Selbstverständlich könnte sich neben dem negativen Speichereffekt eine positive Wirkung auf das Weltklima ergeben, wenn die Biokraftstoffe die fossilen Brennstoffe bei Verbrennungsvorgängen ersetzen. Doch setzt dies voraus, dass die Ölscheichs weniger Öl fördern, weil es mehr Biokraftstoff gibt. Wenn sie dies nicht tun, verliert sich der positive Effekt.

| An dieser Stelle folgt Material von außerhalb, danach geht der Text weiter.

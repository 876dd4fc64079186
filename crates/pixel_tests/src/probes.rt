//! Runs of `probe` over ends in memory.
ghost use Rattle.std.specs.Prelude.{IfSome};
ghost use Rattle.leaf_probe.specs.Probe.{IsProbe};

use leaf_probe::{Probe, probe};
use memory_link::{MemSink, MemSource};
use parent_rule::Steps;
use std::alloc::{AllocError, Global};
use std::test::Fail;

const LEAF_0: &str = "0000000000000000 0001 0002 0003 0005";

const TILE_0: &str = "8000 8000 0003 8000";

// The bytes that some words of hexadecimal digits stand for.
fn unhex(alloc: Global, text: &str) -> Result<Vec<u8>, Fail> {
    let mut bytes = Vec::new(alloc);
    for word in text.split_whitespace() {
        let number = u64::from_str_radix(word, 16)?;
        let skipped = 8usize.saturating_sub(word.len() / 2);
        bytes.extend_from_slice(&number.to_be_bytes()[skipped..])?;
    }
    Ok(bytes)
}

// A row is a run: the order of the leaves, n, the order and the number of the tile; the input, in pieces of how many bytes,
// and the read that fails; the room for the output, and the write that fails; the status of the fault, and the output in
// hexadecimal digits. A `|` separates them.
fn field(row: &str, at: usize) -> &str {
    row.split('|').nth(at).unwrap_or("")
}

fn number(text: &str) -> usize {
    text.parse::<usize>().unwrap_or(0)
}

// One of the four numbers.
fn small(text: &str, at: usize) -> u8 {
    let word = text.split_whitespace().nth(at).unwrap_or("");
    word.parse::<u8>().unwrap_or(0)
}

// The tile that four numbers ask for.
fn asked_of(text: &str) -> Option<Probe>
    ensures { IfSome result IsProbe }
{
    let (top, n, order) = (small(text, 0), small(text, 1), small(text, 2));
    let npix = text
        .split_whitespace()
        .nth(3)
        .unwrap_or("")
        .parse::<u64>()
        .unwrap_or(0);
    if 3 <= top && top <= 11 && 1 <= n && n <= 9 && order <= top {
        Some(Probe {
            top,
            n,
            order,
            npix,
        })
    } else {
        None
    }
}

// The status of a run over these ends.
fn status_over(
    alloc: Global,
    asked: &str,
    source: &mut MemSource,
    sink: &mut MemSink,
) -> Result<u8, Fail> {
    match asked_of(asked) {
        None => Err("no tile is asked for".into()),
        Some(asked) => match probe(alloc, &asked, source, sink, &mut Steps::new()) {
            Ok(()) => Ok(0),
            Err(fault) => Ok(fault.status().number()),
        },
    }
}

// The number of the call that fails, where one does.
fn fails(alloc: Global, text: &str) -> Result<Vec<u64>, AllocError> {
    let mut list = Vec::new(alloc);
    if let Ok(call) = text.parse::<u64>() {
        list.push(call)?;
    }
    Ok(list)
}

fn source_of(alloc: Global, row: &str) -> Result<MemSource, Fail> {
    let input = unhex(alloc, field(row, 1))?;
    let fails = fails(alloc, field(row, 3))?;
    Ok(MemSource::new(input, number(field(row, 2)).max(1), fails))
}

fn sink_of(alloc: Global, row: &str) -> Result<MemSink, AllocError> {
    MemSink::new(alloc, number(field(row, 4)), fails(alloc, field(row, 5))?)
}

// Whether the sink holds that output.
fn holds(alloc: Global, sink: &MemSink, output: &str) -> Result<bool, Fail> {
    Ok(sink.bytes() == unhex(alloc, output)?.as_slice())
}

// Whether the run of a row ends so.
fn goes(alloc: Global, row: &str) -> Result<bool, Fail> {
    let mut source = source_of(alloc, row)?;
    let mut sink = sink_of(alloc, row)?;
    let status = status_over(alloc, field(row, 0), &mut source, &mut sink)?;
    Ok(usize::from(status) == number(field(row, 6)) && holds(alloc, &sink, field(row, 7))?)
}

static PROBES: &str = "\
4 1 3 0|0000000000000000 0001 0002 0003 0005|100|-|100|-|0|8000 8000 0003 8000
4 1 4 0|0000000000000000 0001 0002 0003 0005|100|-|100|-|0|0001 0002 0003 0005
4 1 3 0||100|-|100|-|10|
4 1 3 0|0000000000000000 0001 0002 0003 00|100|-|100|-|4|
4 1 3 0|0000000000000C00 00|100|-|100|-|13|
4 1 3 768||100|-|100|-|13|
4 1 3 768|0000000000000000 0001 0002 0003 0005|100|-|100|-|13|
5 1 3 0|0000000000000000 0001 0001 0002 0002 0000000000000001 0001 0001 0002 0002 0000000000000002 0001 0001 0001 0002 0000000000000003 0001 0001 0001 0002|100|-|100|-|0|8000 8000 0002 8000
4 1 3 0|0000000000000001 0007 0007 0007 0007|100|-|100|-|0|0007 8000 8000 8000
4 1 3 0|0000000000000000 0001 0002 0003 0005 0000000000000000 0009 0009 0009 0009|100|-|100|-|0|8000 8000 0009 8000
4 1 3 0|0000000000000004 0007 0007 0007 0007 0000000000000000 0001 0002 0003 0005|100|-|100|-|0|8000 8000 0003 8000
4 1 3 0|0000000000000004 0007 0007 0007 0007|100|-|100|-|10|
4 1 3 0|0000000000000004 0007 0007 0007 00|100|-|100|-|4|
4 1 3 0|0000000000000000 FFFF FFFE 8000 8000|100|-|100|-|0|8000 8000 FFFF 8000
";

// In pieces of some bytes.
static PIECES: &str = "\
4 1 3 0|0000000000000000 0001 0002 0003 0005|1|-|100|-|0|8000 8000 0003 8000
4 1 3 0|0000000000000000 0001 0002 0003 0005|2|-|100|-|0|8000 8000 0003 8000
4 1 3 0|0000000000000000 0001 0002 0003 0005|3|-|100|-|0|8000 8000 0003 8000
4 1 3 0|0000000000000000 0001 0002 0003 0005|7|-|100|-|0|8000 8000 0003 8000
";

// With little room, and where a write or the flush after it fails.
static FULL: &str = "\
4 1 3 0|0000000000000000 0001 0002 0003 0005|100|-|100|0|6|
4 1 3 0|0000000000000000 0001 0002 0003 0005|100|-|100|1|6|8000 8000 0003 8000
4 1 3 0|0000000000000000 0001 0002 0003 0005|100|-|3|100|6|8000 80
4 1 3 0|0000000000000000 0001 0002 0003 0005|100|-|0|100|6|
";

// The source fails at its first read, so this reads nothing.
static UNREAD: &str = "\
4 1 3 768|0000000000000000 0001 0002 0003 0005|100|0|100|-|13|
";

#[test]
fn answers_probe(rt: HostRuntime) -> Result<(), Fail> {
    for table in [PROBES, PIECES, FULL, UNREAD] {
        for row in table.lines() {
            assert!(rt; goes(rt.alloc(), row)?, "{row}");
        }
    }
    Ok(())
}

// The status where that read fails of one of a leaf in pieces of three bytes, and whether the output is that of the status.
fn with_failing_read(alloc: Global, call: u64) -> Result<(u8, bool), Fail> {
    let failing = Vec::from_slice(alloc, &[call])?;
    let mut source = MemSource::new(unhex(alloc, LEAF_0)?, 3, failing);
    let mut sink = MemSink::new(alloc, 100, Vec::new(alloc))?;
    let status = status_over(alloc, "4 1 3 0", &mut source, &mut sink)?;
    let output = if status == 0 { TILE_0 } else { "" };
    Ok((status, holds(alloc, &sink, output)?))
}

#[test]
fn fails_where_the_source_does(rt: HostRuntime) -> Result<(), Fail> {
    let mut reads = 0;
    for call in 0..20 {
        let (status, is_output) = with_failing_read(rt.alloc(), call)?;
        assert!(rt; is_output, "where read {call} fails");
        if status == 0 {
            reads = call;
            break;
        }
        assert!(rt; status == 5, "where read {call} fails");
    }
    assert!(rt; reads > 3);
    Ok(())
}

// So many records of a leaf, and more behind them.
fn records(alloc: Global, count: u32, more: &[u8]) -> Result<Vec<u8>, Fail> {
    let record = unhex(alloc, LEAF_0)?;
    let mut input = Vec::new(alloc);
    for _record in 0..count {
        input.extend_from_slice(&record)?;
    }
    input.extend_from_slice(more)?;
    Ok(input)
}

// Whether a run over that input ends so.
fn probes(alloc: Global, input: Vec<u8>, status: u8, output: &str) -> Result<bool, Fail> {
    let mut source = MemSource::new(input, 100, Vec::new(alloc));
    let mut sink = MemSink::new(alloc, 100, Vec::new(alloc))?;
    let ended = status_over(alloc, "4 1 3 0", &mut source, &mut sink)?;
    Ok(ended == status && holds(alloc, &sink, output)?)
}

#[test]
fn reads_65_536_records_at_most(rt: HostRuntime) -> Result<(), Fail> {
    let alloc = rt.alloc();
    assert!(rt; probes(alloc, records(alloc, 65_536, b"")?, 0, TILE_0)?);
    assert!(rt; probes(alloc, records(alloc, 65_536, b"\0")?, 12, "")?);
    Ok(())
}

Die Weltmarktpreise für fossile Brennstoffe werden einfach niedriger, als sie es andernfalls wären, so dass der Verbrauch von fossilen Brennstoffen und Biokraftstoff durch die zusätzliche Produktion von Biokraftstoff steigt.

Eine Fläche wie Irland

Die verbleibende Alternative lautet, Flächen zu nutzen, die zuvor noch nicht kommerziell genutzt wurden. Doch sind diese Flächen normalerweise bewaldet. Die Ersetzung von Wäldern durch Mais, Raps und anderen Ölsaatanbau verringert den Bestand an Biomasse und führt ebenso zu einer Erhöhung der Konzentration von CO2 in der Atmosphäre. Brasilien hat für die Produktion von Bioethanol, die den Generalsekretär beeindruckt hat, riesige Gebiete seines Urwalds abgeholzt. Damit hat das Land der Bekämpfung des Klimawandels einen Bärendienst erwiesen.

Tatsächlich verliert die Welt jedes Jahr Waldgebiete von der Größe Irlands. Die Wirkung auf die Atmosphäre entspricht 18 des jährlichen CO2-Ausstoßes, mehr als die Emissionen des gesamten Beförderungssektors der Welt. Die Entwaldung muss umgekehrt werden, nicht beschleunigt.

Nur aus Abfall

Die Nutzung von Flächen in jeglicher Form zur Produktion von Biokraftstoff ist nicht sinnvoll. Im Hinblick auf die Umwelt- und Sozialpolitik ist lediglich die Produktion von Biokraftstoff ohne die Nutzung von zusätzlichem Land vertretbar. Das würde bedeuten, landwirtschaftlichen und anderen Abfall zu verwenden, der sonst verrotten und nahezu gleiche Mengen von CO2 und Methan und sogar noch gefährlicherem Treibhausgas produzieren würde.

Diese Option sollte unterstützt werden. Doch muss die offizielle Förderung für die Produktion von Biokraftstoff auf Flächen, die zu anderen Zwecken genutzt worden wären, eingestellt werden.

Hans-Werner Sinn ist Professor für Nationalökonomie und Finanzwissenschaft an der Universität München und Präsident des Ifo-Instituts.